Distinguez également la réponse à une demande de l’envoi ultérieur d’une newsletter ou de messages promotionnels. Ces usages poursuivent des finalités différentes. Une personne qui vous contacte au sujet d’une séance ne s’inscrit pas automatiquement à vos communications commerciales.

Comment simplifier le formulaire sans perdre les demandes utiles ?

La simplicité repose autant sur la présentation que sur le nombre de champs. Quelques ajustements rendent le parcours plus clair :

  • organiser les questions dans un ordre logique ;
  • employer des libellés précis plutôt que des termes administratifs ;
  • expliquer la raison d’un champ inhabituel ;
  • limiter les champs obligatoires à ceux qui sont indispensables ;
  • proposer un choix de motif uniquement s’il facilite réellement la réponse ;
  • prévoir des messages d’erreur compréhensibles ;
  • tester le formulaire sur mobile et avec un clavier ;
  • confirmer clairement que le message a bien été envoyé ;
  • vérifier régulièrement que chaque champ collecté est encore utilisé.

Si votre formulaire se trouve sur une page conçue pour une action précise, vous pouvez également revoir l’ensemble du parcours à partir de nos conseils consacrés aux landing pages. La cohérence entre la promesse de la page, les informations demandées et l’étape suivante compte autant que la longueur du formulaire.

Le bon formulaire demande peu, mais demande juste

Un formulaire efficace n’est pas nécessairement minimaliste. Il est proportionné à son objectif et à l’étape de la relation. Il recueille ce dont vous avez besoin pour répondre, sans anticiper toutes les informations susceptibles de devenir utiles plus tard.

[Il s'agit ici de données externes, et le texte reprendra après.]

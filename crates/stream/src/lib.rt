// A whole stream: its tests, and the table that its task records make.
//
//     stream_test      14, then 12 and 13 at each record, from the front
//     table_in         the task records, in their order
//
// Each reads the stream once.
#![tactic(auto)]

ghost use Rattle.std.specs.Prelude.{◌≡◌, false, suc, ◌<◌, ◌^◌};
ghost use Rattle.rules.specs.Numbers.{first_of};
ghost use Rattle.rules.specs.Records.{items_of, record_tests, stream_of, tasks_read};
ghost use Rattle.stream.specs.declared.StreamRefusal.TheVariants as StreamRefusal;
ghost use Rattle.stream.specs.Answer.{stream_refusal_in, stream_in};
ghost use Rattle.stream.specs.Load.{table_in, added_to};

use records::{Reader, Record, Unreadable};
use refusals::Refused;
use table::{MOST, Table, Task};

// "input above 65,536 bytes"
pub const LONGEST: usize = 65536;

// Why a stream is refused: the first test that fails, with the offset of the record.
#[derive(Clone, Copy, Debug, PartialEq, Eq)]
pub enum StreamRefusal {
    Unreadable(usize),
    TaskBehindEvent(usize),
    TooLong,
}

impl Refused for StreamRefusal {
    ghost means = { stream_refusal_in };

    // "No."
    fn number(self) -> u8 {
        match self {
            StreamRefusal::Unreadable(_) => refusals::UNREADABLE,
            StreamRefusal::TaskBehindEvent(_) => refusals::TASK_BEHIND_EVENT,
            StreamRefusal::TooLong => refusals::INPUT_TOO_LONG,
        }
    }

    // "offset of the record", "offset 65536".
    fn given(self) -> usize {
        match self {
            StreamRefusal::Unreadable(offset) => offset,
            StreamRefusal::TaskBehindEvent(offset) => offset,
            StreamRefusal::TooLong => LONGEST,
        }
    }
}

impl From<Unreadable> for StreamRefusal {
    ghost from_gives = { λ e r. r ≡ StreamRefusal.Unreadable e.0 };

    fn from(unreadable: Unreadable) -> StreamRefusal {
        StreamRefusal::Unreadable(unreadable.0)
    }
}

// "tests 14, then all records from the front"
pub fn stream_test(stream: &[u8]) -> Result<(), StreamRefusal>
    ensures { stream_in result ≡ stream_of stream.now }
{
    if LONGEST < stream.len() {
        return Err(StreamRefusal::TooLong);
    }
    records_test(stream)
}

// "all records from the front (at each, 12 before 13)"
fn records_test(stream: &[u8]) -> Result<(), StreamRefusal>
    ensures { stream_in result ≡ first_of (record_tests false (items_of stream.now)) }
{
    let mut begun = false;
    for item in Reader::new(stream) {
        let (offset, record) = item?;
        match record {
            Record::Task(_) if begun => return Err(StreamRefusal::TaskBehindEvent(offset)),
            Record::Task(_) => {}
            Record::Event(_) => begun = true,
        }
    }
    Ok(())
}

// A table and one task more. Past the room for them tasks are counted, and not kept. (By index: a slice's `get_mut` does not promise how a
// write through it comes back.)
fn added(table: Table, task: Task) -> Table
    requires { suc table.count < 2 ^ 64 }
    ensures { result ≡ added_to table task }
{
    let Table { count, mut tasks } = table;
    if count < MOST {
        tasks[count] = task;
    }
    Table {
        count: count + 1,
        tasks,
    }
}

// The table that the task records make, in their order.
pub fn table_in(stream: &[u8]) -> Table
    ensures { result ≡ table_in (tasks_read stream.now) }
{
    let mut table = Table {
        count: 0,
        tasks: [Task { c: 0, d: 0, t: 0 }; MOST],
    };
    for item in Reader::new(stream) {
        let Ok((_, record)) = item else { break };
        if let Record::Task(task) = record {
            table = added(table, task);
        }
    }
    table
}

Pour vos futurs clients, cette mesure est aussi un signal de professionnalisme. Ils comprennent ce que vous leur demandez, pourquoi vous le demandez et ce qui va se passer après l’envoi.

Avant de publier ou de modifier votre formulaire, relisez donc chaque champ comme si vous découvriez votre activité pour la première fois. Si vous ne pouvez pas expliquer simplement son utilité, il mérite probablement d’être rendu facultatif, reporté à une étape ultérieure ou supprimé.